#### [INFORMATION SUPPLIED]
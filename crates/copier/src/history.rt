// The history chain: its blocks are copied, and their addresses kept in the words from 4352 on.
ghost use Rattle.std.specs.Prelude.{◌≡◌, ◌≤◌, length};
ghost use Rattle.mdf.specs.Chain.{is_in};
ghost use Rattle.plan.specs.Copies.{history_of};
ghost use Rattle.copier.specs.Standing.{standing, Room, Ready};
ghost use Rattle.copier.specs.Got.{begun_of, MayCopy};
ghost use Rattle.copier.specs.History.{goes_on, chain_in, Chained, ChainCopied, start, Begins};
ghost use Rattle.copier.specs.Index.{Indexed};

use crate::copies::{copy_root, is_copied};
use crate::memo::{Chain, Copying, find_in, is_ready};
use blocks::block::{first_link, kind_at, link_at, links_at, whole_at};
use fields::refusal::Refusal;

// Whether a is one of the chain's blocks so far; what isn't copied is none of them.
fn is_met(memo: &[u64], index: &[u16; 4096], used: u64, a: u64, count: u64) -> bool
    requires { (count ≤ 2051) × (8192 ≤ length memo.now) × (used ≤ 2050)
        × Indexed memo.now used index.now × ChainCopied memo.now count used }
    ensures { result ≡ is_in a (chain_in memo.now count) }
{
    find_in(memo, index, used, a).is_some() && memo[4352..(4352 + count) as usize].contains(&a)
}

// Whether the chain goes on at a: it ends at 0, at a block met before and at a kind not copied; the block's own checks
// (4, 8, 9, 4); 17.
fn goes_on(
    image: &[u8],
    memo: &[u64],
    index: &[u16; 4096],
    used: u64,
    a: u64,
    count: u64,
) -> Result<bool, Refusal>
    requires { (count ≤ 2051) × (8192 ≤ length memo.now) × (used ≤ 2050)
        × Indexed memo.now used index.now × ChainCopied memo.now count used }
    ensures { begun_of result ≡ goes_on image.now a (chain_in memo.now count) }
{
    if a == 0 {
        return Ok(false);
    }
    if is_met(memo, index, used, a, count) {
        return Ok(false);
    }
    whole_at(image, a)?;
    if !is_copied(kind_at(image, a)) {
        return Ok(false);
    }
    if links_at(image, a) == 0 {
        return Err(Refusal::HistoryWithoutLinks(a));
    }
    Ok(true)
}

// The chain from a on, each block copied from outside of any copied block.
fn history_chain(
    image: &[u8],
    memo: &mut [u64],
    index: &mut [u16; 4096],
    a: u64,
    most: u64,
    state: Copying,
) -> Result<Chain, Refusal>
    requires { MayCopy memo.old most state index.old }
    ensures { Chained memo.old memo.new state result
        (history_of most image.now a (standing memo.old state)) }
{
    let mut at = a;
    let mut st = state;
    for count in 0..most + 1 {
        let goes = goes_on(image, memo, index, st.used, at, count)?;
        if !goes {
            return Ok(Chain { count, state: st });
        }
        st = copy_root(image, memo, index, at, most, st)?;
        memo[(4352 + count) as usize] = at;
        at = first_link(image, at);
    }
    Ok(Chain {
        count: most + 1,
        state: st,
    })
}

// The HD comment, then the history chain, with at most so many copies; 1 where copying can't begin (`Ready`).
pub fn first_copies(image: &[u8], memo: &mut [u64], most: u64) -> Result<Chain, Refusal>
    ensures { Ready memo.old most start
        → Begins most image.now memo.old memo.new result }
{
    let start = Copying { used: 0, next: 168 };
    if !is_ready(memo, most, start) {
        return Err(Refusal::Arguments);
    }
    let mut index = [0u16; 4096];
    let comment = copy_root(image, memo, &mut index, link_at(image, 64, 5), most, start)?;
    history_chain(
        image,
        memo,
        &mut index,
        link_at(image, 64, 1),
        most,
        comment,
    )
}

#### [TASK DESCRIPTION]
Going down the listing above, begin printing at the line with "if !is_copied(kind_at(image, a))" and finish with the line with "for count in", exactly as they appear.

#### [RESULT]
    if !is_copied(kind_at(image, a)) {
        return Ok(false);
    }
    if links_at(image, a) == 0 {
        return Err(Refusal::HistoryWithoutLinks(a));
    }
    Ok(true)
}

// The chain from a on, each block copied from outside of any copied block.
fn history_chain(
    image: &[u8],
    memo: &mut [u64],
    index: &mut [u16; 4096],
    a: u64,
    most: u64,
    state: Copying,
) -> Result<Chain, Refusal>
    requires { MayCopy memo.old most state index.old }
    ensures { Chained memo.old memo.new state result
        (history_of most image.now a (standing memo.old state)) }
{
    let mut at = a;
    let mut st = state;
    for count in 0..most + 1 {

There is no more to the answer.